# Avenue Verte - what's it like



## Tim Hall (17 Jan 2014)

I'm possibly riding from London to Paris with some people I don't know. The trip isn't until June, and the route is up for discussion. 

What's the AV (alleged long distance cycleroute from London to Paris) like? More specifically, is the surface ok for skinny (23mm) tyres? I'll be on sensible rubber, but others are likely to be more of the racing snake persuasion.

@Aperitif, @dellzeqq et al, what route did you take from Dieppe?


----------



## dellzeqq (17 Jan 2014)

I have totally cracked the Paris route thing. And it only took three attempts.

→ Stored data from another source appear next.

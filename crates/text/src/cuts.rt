// A text cut at its first separator, as parts of what is lent.
ghost use Rattle.std.specs.Prelude.{◌≡◌, ◌+◌, ◌≤◌, length, drop};
ghost use Rattle.text.specs.Lines.{after, before, newline, plain, plain_length, space};

// Where the first separator stands from `at` on: at the text's end, where there is none.
pub fn end_of(text: &[u8], at: usize, separator: u8) -> usize
    requires { at ≤ length text.now }
    ensures { (result ≡ at + length (before separator (drop at text.now))) × (result ≤ length text.now) }
{
    for i in at..text.len() {
        if text[i] == separator {
            return i;
        }
    }
    text.len()
}

// Where the line that starts at `at` ends: at its newline, or at the text's end. Past the text's end, a line has no bytes. `lines` gives whole lines.
pub fn line_end(text: &[u8], at: usize) -> usize
    ensures { result ≡ at + length (before newline (drop at text.now)) }
{
    if at < text.len() {
        return end_of(text, at, b'\n');
    }
    at
}

// What stands before the first separator, and what follows it.
pub fn cut(text: &[u8], separator: u8) -> (&[u8], &[u8])
    ensures { (result.0.now ≡ before separator text.now) × (result.1.now ≡ after separator text.now) }
{
    let end = end_of(text, 0, separator);
    if end < text.len() {
        let next = end + 1;
        return (&text[..end], &text[next..]);
    }
    (text, &text[end..])
}

// The first word of a line.
pub fn word(line: &[u8]) -> &[u8]
    ensures { result.now ≡ before space line.now }
{
    cut(line, b' ').0
}

// What follows the first word and the space after it.
pub fn rest(line: &[u8]) -> &[u8]
    ensures { result.now ≡ after space line.now }
{
    cut(line, b' ').1
}

// How many bytes a line has without the CR that may end it.
fn plain_length(line: &[u8]) -> usize
    ensures { (result ≡ plain_length line.now) × (result ≤ length line.now) }
{
    let n = line.len();
    if n == 0 {
        return n;
    }
    if line[n - 1] == b'\r' {
        return n - 1;
    }
    n
}

// A line without the CR that may end it.
pub fn plain_line(line: &[u8]) -> &[u8]
    ensures { result.now ≡ plain line.now }
{
    let n = plain_length(line);
    &line[..n]
}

I can send you a google maps link. As Hadrian has it, we go through Saint-Saens, Gisors and Cergy-Pontoise. The route as far as Gisors is delightful, the next bit is dull, and the our route from Cergy-Pontoise is so clever it makes me want to rub myself all over with GT85 and be cruel to sparrows.


----------



## TheDoctor (17 Jan 2014)

Avenue Verte surface is tarmac iirc. I rode it on a Brommie with no problems.


----------



## deptfordmarmoset (17 Jan 2014)

dellzeqq said:


> I have totally cracked the Paris route thing. And it only took three attempts.
> 
> I can send you a google maps link. As Hadrian has it, we go through Saint-Saens, Gisors and Cergy-Pontoise. The route as far as Gisors is delightful, the next bit is dull, and the our route from Cergy-Pontoise is so clever it makes me want to rub myself all over with GT85 and be cruel to sparrows.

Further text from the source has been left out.